**Work instructions**
Transcribe word for word the lines below from the line with "fn claim(class: u16, amount: u64)" through the line with "let cuts = cut_is(31, [80, 39, 40, 90])", ends included.

(Available records begins)

// The worked figures of the rules: expected numbers written out, held against the system and against the own calculation.
use crate::drawn::{disagrees, widened};
use model::cutting::{Claim, cut};
use model::sharing::parts;
use scale::row::RowScale;
use scale::share::share;
use std::alloc::{AllocError, Global};
use trial::compare::same_numbers;

// One sharing: whether both give the parts.
fn share_is(
    heap: Global,
    amount: u32,
    weights: &[u32],
    wanted: &[u64],
) -> Result<bool, AllocError> {
    let mut out = vec![in heap; 7u32; weights.len()]?;
    let shared = share(amount, &RowScale::new(weights), out.as_mut_slice()).is_ok();
    let wide = widened(heap, weights)?;
    let own = parts(heap, u64::from(amount), wide.as_slice())?;
    Ok(shared && same_numbers(out.as_slice(), wanted) && own.as_slice() == wanted)
}

// What a shortfall leaves of 100 and 50 in class 1, 40 in class 2 and 90 in class 4, by the own rule.
fn cut_is(shortfall: u64, wanted: [u64; 4]) -> bool {
    let all = [claim(1, 100), claim(1, 50), claim(2, 40), claim(4, 90)];
    all.iter()
        .enumerate()
        .map(|(i, claim)| {
            let before = all.get(0..i).unwrap_or(&all);
            let off = cut(&all, before, *claim, shortfall);
            claim.amount.saturating_sub(off)
        })
        .eq(wanted.iter().copied())
}

fn claim(class: u16, amount: u64) -> Claim {
    Claim {
        seller: 1,
        class,
        amount,
    }
}

// The sharings of the rules.
fn shares_hold(heap: Global) -> Result<bool, AllocError> {
    Ok(
        share_is(heap, 10, &[1, 1, 1, 1], &[2, 3, 2, 3])?
            && share_is(heap, 5, &[2, 3, 2, 3], &[1, 1, 1, 2])?
            && share_is(heap, 8, &[2, 3, 2, 3], &[1, 3, 1, 3])?
            && share_is(heap, 0, &[5], &[0])?
            && share_is(heap, 3, &[0, 1, 0], &[0, 3, 0])?
            && share_is(heap, 1, &[1, 1, 1], &[0, 0, 1])?
            && share_is(heap, 5, &[1, 1, 1], &[1, 2, 2])?
            && share_is(heap, 4, &[1, 2, 2], &[0, 2, 2])?
            && share_is(heap, 5, &[1; 10], &[0, 1, 0, 1, 0, 1, 0, 1, 0, 1])?,
    )
}

pub fn compare_worked(rt: &HostRuntime) -> anyhow::Result<()> {
    if !shares_hold(rt.alloc())? {
        return disagrees(rt, "worked figures", 1);
    }
    let cuts = cut_is(31, [80, 39, 40, 90])
        && cut_is(170, [0, 0, 20, 90])
        && cut_is(500, [0, 0, 0, 90]);
    if !cuts {
        return disagrees(rt, "worked figures", 2);
    }
    println!(rt; "worked figures: 9 sharings and 3 cuts agree")?;
    Ok(())
}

(Available records ends)

**Your response**
fn claim(class: u16, amount: u64) -> Claim {
    Claim {
        seller: 1,
        class,
        amount,
    }
}

// The sharings of the rules.
fn shares_hold(heap: Global) -> Result<bool, AllocError> {
    Ok(
        share_is(heap, 10, &[1, 1, 1, 1], &[2, 3, 2, 3])?
            && share_is(heap, 5, &[2, 3, 2, 3], &[1, 1, 1, 2])?
            && share_is(heap, 8, &[2, 3, 2, 3], &[1, 3, 1, 3])?
            && share_is(heap, 0, &[5], &[0])?
            && share_is(heap, 3, &[0, 1, 0], &[0, 3, 0])?
            && share_is(heap, 1, &[1, 1, 1], &[0, 0, 1])?
            && share_is(heap, 5, &[1, 1, 1], &[1, 2, 2])?
            && share_is(heap, 4, &[1, 2, 2], &[0, 2, 2])?
            && share_is(heap, 5, &[1; 10], &[0, 1, 0, 1, 0, 1, 0, 1, 0, 1])?,
    )
}

pub fn compare_worked(rt: &HostRuntime) -> anyhow::Result<()> {
    if !shares_hold(rt.alloc())? {
        return disagrees(rt, "worked figures", 1);
    }
    let cuts = cut_is(31, [80, 39, 40, 90])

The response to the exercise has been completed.